As Kenneth Waltz has contended, attempts to punish Iran for developing a nuclear program through economic and political sanctions further draw Iranian leaders to pursue the ultimate deterrent. Leaders have proven to the international system that Iran responds to sanctions and incentives like any other state would. Treasury Secretary Jacob J. Lew announced in April that Iran’s economy was fifteen to twenty percent smaller than it would have been had it remained on its pre-2012 growth trajectory.
Clearly, Tehran has taken notice. Critics of an armed Iran often look to discredit the regime by portraying its officials as irrational fanatics who would utilize a nuclear weapon against Israel. Yet, if Iranian leaders were willing to join international negotiations to remove sanctions on its economy—what is to suggest they would accept self-destruction through the promise of Israeli retaliation?

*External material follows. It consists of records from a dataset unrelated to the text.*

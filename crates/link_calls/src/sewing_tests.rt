ghost use Rattle.std.specs.Prelude.{◌≡◌, ◌+◌, ◌≤◌, ◌<◌, ◌^◌};
ghost use Rattle.map_defs.specs.Kind.{alpha, beta};
ghost use Rattle.map_defs.specs.Rows.{links_of};
ghost use Rattle.map_defs.specs.Laws.{Laws};

use link_rows::{Links, PlainEdit};
use map_kind::{Alpha, Beta, Dart, Kind, Refusal, Refused};
use sewing::{Triple, pair, sew_plan, sewable, unsew_plan};
use std::alloc::{AllocError, Global};
use std::process::Abort;
use std::test::Fail;

/// A map of so many darts without links.
fn loose<K: Kind, const DIM: usize>(rt: &impl Abort, alloc: Global, darts: u32) -> Links<K, DIM>
    requires low { 2 ≤ DIM }
    requires high { DIM ≤ 8 }
    ensures { Laws K.kind (links_of result.rows) }
{
    let mut links = Links::<K, DIM>::new(alloc);
    match links.reserve(darts) {
        Ok(()) => links.apply_plain(&PlainEdit {
            births: darts,
            deaths: Vec::new(alloc),
            changes: Vec::new(alloc),
        }),
        Err(_) => panic!(rt; "no room"),
    }
    links
}

/// Sews two darts that can be sewn.
fn sew<K: Kind, const DIM: usize>(
    rt: &impl Abort,
    alloc: Global,
    links: &mut Links<K, DIM>,
    link: usize,
    one: u32,
    other: u32,
)
    requires link { link ≤ DIM }
    requires laws { Laws K.kind (links_of links.old.rows) }
    ensures { Laws K.kind (links_of links.new.rows) }
{
    let one = dart(rt, one);
    let other = dart(rt, other);
    assert!(rt; links.is_live(one));
    assert!(rt; links.is_live(other));
    match sew_plan(alloc, links, link, one, other) {
        Ok(edit) => links.apply(&edit),
        Err(_) => panic!(rt; "not sewn"),
    }
}

/// Sews six darts to a triangle, numbered on from `first`.
fn triangle<const DIM: usize>(
    rt: &impl Abort,
    alloc: Global,
    links: &mut Links<Alpha, DIM>,
    first: u32,
)
    requires first { first + 5 < 2 ^ 32 }
    requires low { 1 ≤ DIM }
    requires laws { Laws alpha (links_of links.old.rows) }
    ensures { Laws alpha (links_of links.new.rows) }
{
    sew(rt, alloc, links, 0, first, first + 1);
    sew(rt, alloc, links, 0, first + 2, first + 3);
    sew(rt, alloc, links, 0, first + 4, first + 5);
    sew(rt, alloc, links, 1, first + 1, first + 2);
    sew(rt, alloc, links, 1, first + 3, first + 4);
    sew(rt, alloc, links, 1, first + 5, first);
}

/// Sews three darts of a combinatorial map to a triangle, numbered on from `first`.
fn directed_triangle<const DIM: usize>(
    rt: &impl Abort,
    alloc: Global,
    links: &mut Links<Beta, DIM>,
    first: u32,
)
    requires first { first + 2 < 2 ^ 32 }
    requires low { 1 ≤ DIM }
    requires laws { Laws beta (links_of links.old.rows) }
    ensures { Laws beta (links_of links.new.rows) }
{
    sew(rt, alloc, links, 1, first, first + 1);
    sew(rt, alloc, links, 1, first + 1, first + 2);
    sew(rt, alloc, links, 1, first + 2, first);
}

fn dart(rt: &impl Abort, number: u32) -> Dart {
    Dart::new(number).expect(rt, "0 is no dart")
}

fn numbers(alloc: Global, pairs: &[Triple]) -> Result<Vec<(u32, u32, usize)>, AllocError> {
    let mut numbers = Vec::new(alloc);
    for pair in pairs {
        numbers.push((pair.x.number(), pair.y.number(), pair.t))?;
    }
    Ok(numbers)
}

#[test]
fn pairs_go_along_the_links_of_the_set(rt: HostRuntime) -> Result<(), Fail> {
    let alloc = rt.alloc();
    let mut links = loose::<Alpha, 2>(&rt, alloc, 12);
    triangle(&rt, alloc, &mut links, 1);
    triangle(&rt, alloc, &mut links, 7);
    let seeds = [Triple {
        x: dart(&rt, 1),
        y: dart(&rt, 7),
        t: 2,
    }];
    match pair(alloc, &links, &seeds, &[0]) {
        Ok(pairs) => {
            assert_eq!(&rt;
                numbers(alloc, &pairs)?.as_slice(),
                [(1, 7, 2), (2, 8, 2), (7, 1, 2), (8, 2, 2)].as_slice()
            );
        }
        Err(_) => panic!(&rt; "not paired"),
    }
    Ok(())
}

#[test]
fn sews_and_unsews_two_triangles(rt: HostRuntime) -> Result<(), Fail> {
    let alloc = rt.alloc();
    let mut links = loose::<Alpha, 2>(&rt, alloc, 12);
    triangle(&rt, alloc, &mut links, 1);
    triangle(&rt, alloc, &mut links, 7);
    sew(&rt, alloc, &mut links, 2, 1, 7);
    assert_eq!(&rt; links.link(dart(&rt, 2), 2), Some(dart(&rt, 8)));
    assert_eq!(&rt; links.link(dart(&rt, 8), 2), Some(dart(&rt, 2)));
    match unsew_plan(alloc, &links, 2, dart(&rt, 8)) {
        Ok(edit) => links.apply(&edit),
        Err(_) => panic!(&rt; "not unsewn"),
    }
    assert_eq!(&rt; links.link(dart(&rt, 1), 2), None);
    assert_eq!(&rt; links.link(dart(&rt, 7), 2), None);
    assert!(&rt;
        matches!(
            unsew_plan(alloc, &links, 2, dart(&rt, 8)),
            Err(Refused::Line(Refusal::AlreadyFree))
        )
    );
    Ok(())
}

#[test]
fn folds_an_edge_but_sews_no_dart_to_itself(rt: HostRuntime) -> Result<(), Fail> {
    let alloc = rt.alloc();
    let mut links = loose::<Alpha, 2>(&rt, alloc, 6);
    triangle(&rt, alloc, &mut links, 1);
    let one = dart(&rt, 1);
    assert!(&rt; !sewable(alloc, &links, 2, one, one)?);
    assert!(&rt; links.is_live(one));
    assert!(&rt;
        matches!(
            sew_plan(alloc, &links, 2, one, one),
            Err(Refused::Line(Refusal::Unsewable))
        )
    );
    sew(&rt, alloc, &mut links, 2, 1, 2);
    assert_eq!(&rt; links.link(dart(&rt, 1), 2), Some(dart(&rt, 2)));
    assert!(&rt; !sewable(alloc, &links, 2, dart(&rt, 1), dart(&rt, 2))?);
    Ok(())
}

// A triangle can be turned over, but not turned round by a side.
#[test]
fn a_face_is_sewn_to_itself_only_where_it_fits(rt: HostRuntime) -> Result<(), Fail> {
    let alloc = rt.alloc();
    let mut links = loose::<Alpha, 3>(&rt, alloc, 6);
    triangle(&rt, alloc, &mut links, 1);
    assert!(&rt; sewable(alloc, &links, 3, dart(&rt, 1), dart(&rt, 2))?);
    assert!(&rt; !sewable(alloc, &links, 3, dart(&rt, 1), dart(&rt, 3))?);
    Ok(())
}

// The darts of two faces of a combinatorial map that are sewn run along each other the other way round.
#[test]
fn directed_triangles_are_sewn_in_dimension_8(rt: HostRuntime) -> Result<(), Fail> {
    let alloc = rt.alloc();
    let mut links = loose::<Beta, 8>(&rt, alloc, 6);
    directed_triangle(&rt, alloc, &mut links, 1);
    directed_triangle(&rt, alloc, &mut links, 4);
    sew(&rt, alloc, &mut links, 8, 1, 4);
    assert_eq!(&rt; links.link(dart(&rt, 2), 8), Some(dart(&rt, 6)));
    assert_eq!(&rt; links.link(dart(&rt, 5), 8), Some(dart(&rt, 3)));
    match unsew_plan(alloc, &links, 8, dart(&rt, 5)) {
        Ok(edit) => links.apply(&edit),
        Err(_) => panic!(&rt; "not unsewn"),
    }
    assert_eq!(&rt; links.link(dart(&rt, 1), 8), None);
    assert_eq!(&rt; links.link(dart(&rt, 6), 8), None);
    assert_eq!(&rt; links.link(dart(&rt, 3), 1), Some(dart(&rt, 1)));
    Ok(())
}

// On the other side of a face link 1 leads where link 0 leads on this side.
#[test]
fn link_1_is_sewn_backwards_on_the_other_side(rt: HostRuntime) -> Result<(), Fail> {
    let alloc = rt.alloc();
    let mut links = loose::<Beta, 3>(&rt, alloc, 4);
    sew(&rt, alloc, &mut links, 3, 1, 4);
    sew(&rt, alloc, &mut links, 3, 2, 3);
    let seeds = [Triple {
        x: dart(&rt, 1),
        y: dart(&rt, 2),
        t: 1,
    }];
    match pair(alloc, &links, &seeds, &[3]) {
        Ok(pairs) => {
            assert_eq!(&rt;
                numbers(alloc, &pairs)?.as_slice(),
                [(1, 2, 1), (2, 1, 0), (3, 4, 1), (4, 3, 0)].as_slice()
            );
        }
        Err(_) => panic!(&rt; "not paired"),
    }
    sew(&rt, alloc, &mut links, 1, 1, 2);
    assert_eq!(&rt; links.link(dart(&rt, 3), 1), Some(dart(&rt, 4)));
    assert_eq!(&rt; links.link(dart(&rt, 4), 0), Some(dart(&rt, 3)));
    Ok(())
}

// A face may have one side alone, whose link 1 leads to itself.
#[test]
fn only_link_1_of_a_combinatorial_map_leads_to_the_same_dart(rt: HostRuntime) -> Result<(), Fail> {
    let alloc = rt.alloc();
    let mut links = loose::<Beta, 2>(&rt, alloc, 1);
    let one = dart(&rt, 1);
    assert!(&rt; !sewable(alloc, &links, 2, one, one)?);
    assert!(&rt; sewable(alloc, &links, 1, one, one)?);
    sew(&rt, alloc, &mut links, 1, 1, 1);
    assert_eq!(&rt; links.link(one, 0), Some(one));
    Ok(())
}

History is on the side of nuclear states that the international community wanted to disarm. North Korea frequently utilizes bellicose rhetoric towards other actors on the international stage, but has not employed use of its ballistic missile technology against another state. A nuclear arms race between the United States and the Soviet Union revealed that the promise of mutually assured destruction has served as the primary deterrent from states utilizing their nuclear programs.
If the United States and its partners find it in their interest to stabilize the region, the foremost consideration to be made is to recognize an Iranian withdrawal from the Nuclear Non-Proliferation Treaty. Next, the United States and the international community should draw back its sanctions against Iran. As Daniel Drezner has indicated, sanctions against Iran have the potential to weigh heavily on Iran’s economy—they do not, however, have the ability to alter Iran’s willingness to concede on arming itself with a nuclear weapon. By some accounts, sanctions make Iranian leaders more likely to perceive an external threat, and provide them with an even greater incentive to pursue a nuclear program.
The United States, and its partners in the region, should take steps towards drafting treaties that prevent the targeting of nuclear facilities—an initiative that was successfully accomplished between India and Pakistan in 1991.
We will have to accept that Iran’s regime will eventually gain nuclear capabilities, and we need to turn the discussion surrounding Iran towards what a world like that will look like, and how the United States and its partners can prepare to accept that reality. In the question of whether or not states should have the potential to pursue nuclear weapons, the international community may attempt to delay the construction of nuclear programs, but ultimately cannot erase the desire for states to defend themselves on the international stage.
Whether or not allowing Iran to develop a nuclear program would make it a more responsible actor on the international stage is a topic for a different discussion. By providing Tehran the assurance it needs to secure itself against opposing powers in the region, the international community would be taking a step towards recognizing and fulfilling greater stability in the region. By gaining a nuclear program, Iran will be joining a community of other nations that have developed nuclear programs against opposition from the international community, and ultimately have been deterred from utilizing them.